Phylogenetic constraint clearly played a role. Many of our domesticates came from certain characteristic families: grasses for cereals; legumes; mints and parsleys for seasoning (and mints for medicinal teas); mustard and spinach families for vegetables; the poisonous nightshade family for vegetables, including staples such as potatoes and eggplant; the squash family for cucumber, melons, and gourds as well as the squashes themselves; and the rose family for most of our temperate fruits (apple, pear, peach, apricot, plum, cherry, quince, strawberry, raspberry, blackberry, including more than one species in several cases, plus additional species from east Asia [loquat, etc.]). The aforementioned almond also is a rose family member.

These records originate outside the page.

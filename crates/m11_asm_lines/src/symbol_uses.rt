//! The symbols that a line defines or reads. (MACRO-11 Language Reference Manual, "Symbols", "Table of contents and symbol table" and
//! ".GLOBL directive".)

ghost use Rattle.std.specs.Prelude.{◌≡◌, ◌≤◌, ◌++◌, ℕ, false, length, map, IfErr, IsSome};
ghost use Rattle.std.specs.List.{flat_map};
ghost use Rattle.m11_scan_expressions.specs.Tokens.{expression_of};
ghost use Rattle.m11_scan_expressions.specs.declared.exprs.Expr.TheVariants.{Term};
ghost use Rattle.m11_asm_directives.specs.Settings.{setting_model};
ghost use Rattle.m11_asm_directives.specs.Stored.{storage_model};
ghost use Rattle.m11_asm_rules.specs.Strings.{content_in};
ghost use Rattle.m11_asm_operands.specs.Reads.{field_model, fields_model, form_model};
ghost use Rattle.m11_asm_rules.specs.declared.meanings.Context.TheVariants.{LocalOnly};
ghost use Rattle.m11_asm_rules.specs.Elements.{names_of, texts_of};
ghost use Rattle.m11_asm_rules.specs.Limits.{most_names};
ghost use Rattle.m11_asm_rules.specs.SymbolUses as spec;
ghost use Rattle.m11_asm_rules.specs.Tables.{Table as LineTable};
ghost use Rattle.m11_asm_lines.specs.Actions.{action_fields, action_in, selects};
ghost use Rattle.m11_asm_lines.specs.Labels.{FitsUpToName, HasName};
ghost use Rattle.m11_asm_lines.specs.UsedSymbols.{Adds, with_all};
ghost use Rattle.m11_asm_faults.specs.declared.fault.AsmFault.TheVariants.{NoMemory};

use crate::actions::{Action, Operation};
use crate::used_symbols::UsedSymbols;
use m11_asm_directives::{Arguments, Setting, Storage, listed_name};
use m11_asm_faults::AsmFault;
use m11_asm_operands::Fields;
use m11_asm_rules::{Context, Field, Form};
use m11_base::Name;
use m11_scan::{Line, Token, read_name};
use m11_scan_expressions::{Expr, Remarks, Symbol, expr_starting, symbol_of};
use m11_scan_statements::{Label, LabelKind, Part, PartKind, Span};

impl UsedSymbols {
    /// Adds the names of the labels of a line. Errors are those of `add_all`. If memory is refused at a label, the labels up to that one
    /// are within the limit.
    pub fn add_labels(&mut self, line: &Line, labels: &[Label]) -> Result<(), AsmFault>
        ensures adds { Adds (flat_map (spec.label_uses line.now.text) labels.now) self.old self.new result }
        ensures limit_first { IfErr result (λ fault. fault ≡ NoMemory → FitsUpToName line.now.text labels.now self.old) }
    {
        match labels {
            [] => Ok(()),
            [label, others @ ..] => {
                self.add_label(line, label)?;
                self.add_labels(line, others)
            }
        }
    }

    fn add_label(&mut self, line: &Line, label: &Label) -> Result<(), AsmFault>
        ensures adds { Adds (spec.label_uses line.now.text label.now) self.old self.new result }
        ensures names { IfErr result (λ _. HasName line.now.text label.now) }
        ensures limit_first { IfErr result (λ fault. fault ≡ NoMemory
            → length (with_all (spec.label_uses line.now.text label.now) self.old).names ≤ most_names) }
    {
        match label.kind {
            LabelKind::Ordinary | LabelKind::Global => self.define(read_name(
                label.name.text(line),
            )),
            LabelKind::Local(_) | LabelKind::Outside => Ok(()),
        }
    }

    // Adds a name that a line defines or makes global, if it is valid. Errors are those of `add`.
    fn define(&mut self, name: Option<Name>) -> Result<(), AsmFault>
        ensures adds { Adds (spec.defined name) self.old self.new result }
        ensures names { IfErr result (λ _. IsSome name) }
        ensures limit_first { IfErr result (λ fault. fault ≡ NoMemory
            → length (with_all (spec.defined name) self.old).names ≤ most_names) }
    {
        match name {
            Some(name) => self.add(Symbol::Ordinary(name), Context::LocalOnly),
            None => Ok(()),
        }
    }

    /// Adds the symbols that the action of a line uses. The action must have been read with the table after the line's labels. Errors are
    /// those of `add_all`.
    // speed: inline, since most lines use nothing, or only what the fields of an instruction use.
    #[inline(always)]
    pub fn add_action(&mut self, line: &Line, operation: &Operation) -> Result<(), AsmFault>
        ensures adds { (table : LineTable)
            → fields_model line.now.text operation.now.fields ≡ action_fields table line.now.text operation.now.action
            → Adds (spec.action_uses table line.now.text (action_in line.now.text operation.now)) self.old self.new result }
        ensures selects { IfErr result (λ _. selects (action_in line.now.text operation.now) ≡ false) }
    {
        match operation.action {
            Action::NoAction => Ok(()),
            Action::Assign(name, _, place) => self.add_assignment(line, name, place),
            Action::SetCounter(place) => self.read(line, place, Context::LocalOnly),
            Action::Set(setting) => {
                self.add_setting(line, operation.arguments.names.list.as_slice(), setting)
            }
            Action::Store(storage) => self.add_storage(line, storage, &operation.arguments),
            Action::Operate(_, _) => self.add_fields(line, &operation.fields),
        }
    }

    // Adds the symbols that a setting uses: the names that it makes global, the name to which it assigns a number, or the symbols in the
    // expression of the transfer address. Errors are those of `add_all`.
    // speed: a call, since inlined it would make every line save the registers that it needs.
    #[inline(never)]
    fn add_setting(
        &mut self,
        line: &Line,
        names: &[Option<Span>],
        setting: Setting,
    ) -> Result<(), AsmFault>
        ensures adds { (table : LineTable)
            → Adds (spec.action_uses table line.now.text (setting_model line.now.text names.now setting)) self.old self.new result }
        ensures selects { IfErr result (λ _. selects (setting_model line.now.text names.now setting) ≡ false) }
    {
        match setting {
            Setting::Export(_) => self.add_names(line, names),
            Setting::SetNumber(name, _) => self.define(Some(name)),
            Setting::Transfer(place) => self.read(line, place, Context::LocalOnly),
            Setting::Nothing
            | Setting::Select(_, _)
            | Setting::SetRadix(_)
            | Setting::MoveLevel(_)
            | Setting::ListExpansions(_)
            | Setting::Entitle(_)
            | Setting::Identify(_) => Ok(()),
        }
    }

    // Adds the symbols in the expressions of what a directive stores or reserves. Errors are those of `add_all`.
    // speed: a call, since inlined it would make every line save the registers that it needs.
    #[inline(never)]
    fn add_storage(
        &mut self,
        line: &Line,
        storage: Storage,
        arguments: &Arguments,
    ) -> Result<(), AsmFault>
        ensures { Adds (spec.storage_uses (storage_model line.now.text arguments.now storage)) self.old self.new result }
    {
        let elements = arguments.elements.list.as_slice();
        let parts = arguments.parts.list.as_slice();
        match storage {
            Storage::WordList | Storage::ByteList => self.add_elements(line, elements),
            Storage::Text(_) => self.add_parts(line, parts, Context::MayBeGlobal),
            Storage::PackedText => self.add_parts(line, parts, Context::LocalOnly),
            Storage::Room(_, count) => self.read(line, count, Context::LocalOnly),
            Storage::LimitWords | Storage::AlignTo(_) => Ok(()),
        }
    }

    // Adds the name of an assignment, and the symbols in its expression. Errors are those of `add_all`.
    // speed: a call, since inlined it would make every line save the registers that it needs.
    #[inline(never)]
    fn add_assignment(
        &mut self,
        line: &Line,
        name: Option<Name>,
        place: Expr,
    ) -> Result<(), AsmFault>
        ensures { Adds (spec.defined name ++ spec.reads LocalOnly (expression_of line.now.text place)) self.old self.new result }
    {
        self.define(name)?;
        self.read(line, place, Context::LocalOnly)
    }

    // Adds the symbols in an expression. Errors are those of `add_all`.
    // speed: most expressions are a single term, for which no list of symbols is made.
    fn read(&mut self, line: &Line, place: Expr, context: Context) -> Result<(), AsmFault>
        ensures { Adds (spec.reads context (expression_of line.now.text place)) self.old self.new result }
    {
        match place {
            Expr::Empty => Ok(()),
            Expr::Term(term) => self.read_term(line, &term, context),
            Expr::Tokens(_) => self.read_all(line, place, context),
        }
    }

    fn read_term(&mut self, line: &Line, term: &Token, context: Context) -> Result<(), AsmFault>
        ensures { Adds (spec.reads context (expression_of line.now.text (Term term.now))) self.old self.new result }
    {
        match symbol_of(term, line) {
            Some(symbol) => self.add(symbol, context),
            None => Ok(()),
        }
    }

    fn read_all(&mut self, line: &Line, place: Expr, context: Context) -> Result<(), AsmFault>
        ensures { Adds (spec.reads context (expression_of line.now.text place)) self.old self.new result }
    {
        let mut remarks = Remarks::new(self.alloc);
        place.read_symbols(line, &mut remarks)?;
        self.add_all(remarks.symbols(), context)
    }
}

impl UsedSymbols {
    fn add_fields(&mut self, line: &Line, fields: &Fields) -> Result<(), AsmFault>
        ensures { Adds (spec.uses_of_fields (fields_model line.now.text fields.now)) self.old self.new result }
    {
        self.add_field(line, &fields.first)?;
        self.add_field(line, &fields.second)
    }

    fn add_field(&mut self, line: &Line, field: &Field<Expr>) -> Result<(), AsmFault>
        ensures { Adds (spec.field_uses (field_model line.now.text field.now)) self.old self.new result }
    {
        match field {
            Field::Operand(form) => self.add_form(line, form),
            Field::Register(place) | Field::Target(place) | Field::Number(place) => {
                self.read(line, *place, Context::LocalOnly)
            }
            Field::Missing => Ok(()),
        }
    }

    // Adds the symbols of an operand. Its word after the code word may refer to another object; its register may not. Errors are those of
    // `add_all`.
    fn add_form(&mut self, line: &Line, form: &Form<Expr>) -> Result<(), AsmFault>
        ensures { Adds (spec.form_uses (form_model line.now.text form.now)) self.old self.new result }
    {
        match form {
            Form::Absent => Ok(()),
            Form::InRegister(_, register) | Form::Unindexed(register) => {
                self.read(line, *register, Context::LocalOnly)
            }
            Form::Indexed(_, register, index) => {
                self.read(line, *index, Context::MayBeGlobal)?;
                self.read(line, *register, Context::LocalOnly)
            }
            Form::AfterCounter(_, place) => self.read(line, *place, Context::MayBeGlobal),
        }
    }

    // Adds the symbols in the elements of a list of words or bytes. Errors are those of `add_all`.
    fn add_elements(&mut self, line: &Line, elements: &[Expr]) -> Result<(), AsmFault>
        ensures { Adds (flat_map (λ element. spec.reads Context.MayBeGlobal (expression_of line.now.text element)) elements.now) self.old self.new result }
    {
        match elements {
            [] => Ok(()),
            [element, others @ ..] => {
                self.read(line, *element, Context::MayBeGlobal)?;
                self.add_elements(line, others)
            }
        }
    }

    // Adds the symbols of the expressions among the parts of a text. Errors are those of `add_all`.
    fn add_parts(&mut self, line: &Line, parts: &[Part], context: Context) -> Result<(), AsmFault>
        ensures { Adds (flat_map (λ part. spec.part_use context (content_in line.now.text part)) parts.now) self.old self.new result }
    {
        match parts {
            [] => Ok(()),
            [part, others @ ..] => {
                self.add_part(line, part, context)?;
                self.add_parts(line, others, context)
            }
        }
    }

    fn add_part(&mut self, line: &Line, part: &Part, context: Context) -> Result<(), AsmFault>
        ensures { Adds (spec.part_use context (content_in line.now.text part.now)) self.old self.new result }
    {
        match part.kind {
            PartKind::Text => Ok(()),
            PartKind::Expression => {
                self.read(line, expr_starting(line, part.inside.start), context)
            }
        }
    }

    // Adds the names of a list. An element that isn't a name is skipped. Errors are those of `add_all`.
    fn add_names(&mut self, line: &Line, names: &[Option<Span>]) -> Result<(), AsmFault>
        ensures { Adds (map spec.named (names_of (texts_of line.now.text names.now))) self.old self.new result }
    {
        match names {
            [] => Ok(()),
            [name, others @ ..] => {
                self.define(listed_name(line, *name))?;
                self.add_names(line, others)
            }
        }
    }
}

Vavilov (1917) suggested that some crops originated as weeds: as a cropwas taken into a new, and not so favorable, environment, the weed might be better adapted to that environment and overwhelm the crop. Then the farmers would begin to eat the weed. Vavilov pointed out that rye is cold-tolerant and frequently a weed in wheat fields, and suggested that it became a crop as wheat moved north. He made a similar argument regarding oats (Vavilov, 1926). Vavilov called this secondary domestication. It is likely that many crops arose in this manner.
Crop Mimics
Some secondary domesticates began as crop mimics (Barrett, 1983; Hancock, 2005). These are weeds that hide from the humans attempting to eliminate them by resembling the crop. The wild progenitor of the crop has the potential to be a particularly good mimic, and may pick up useful genes from the crop through hybridization. In the case of mimics unrelated to the crop, seeds often are larger than those of its wild ancestor, enabling the weed to mimic the large seeds of the domesticate with which it grows. Since traditional seed-cleaning entailed running the harvest through sieves of different sized meshes, the mimic would stay with the crop while the smaller-seeded wild form would be eliminated (Hillman, 1984). Also, some mimics have become indehiscent, and are harvested unintentionally with the crop, and then sown again with it, also unintentionally. In this case, the mimic is entirely dependent on humans for its survival, though not yet used as food. The ultimate stage is when people begin intentionally planting the mimic, usually under conditions that it tolerates better than the crop. Sand oat (Avenastrigosa) is an example. Until recently, it was cultivated on sandy soils on which other grains yielded poorly. It existed not only as a crop, but also as a crop mimic in common oat (A. sativa), and as a wild plant. The crop and crop mimic are indistinguishable. The crop and crop mimic are becoming rare today, close to if not entirely extinct except in seed banks, as agricultural systems continue to change. The spread of mechanical seed-cleaning technology is eliminating many seed mimics, so much so that some now are classified as endangered species.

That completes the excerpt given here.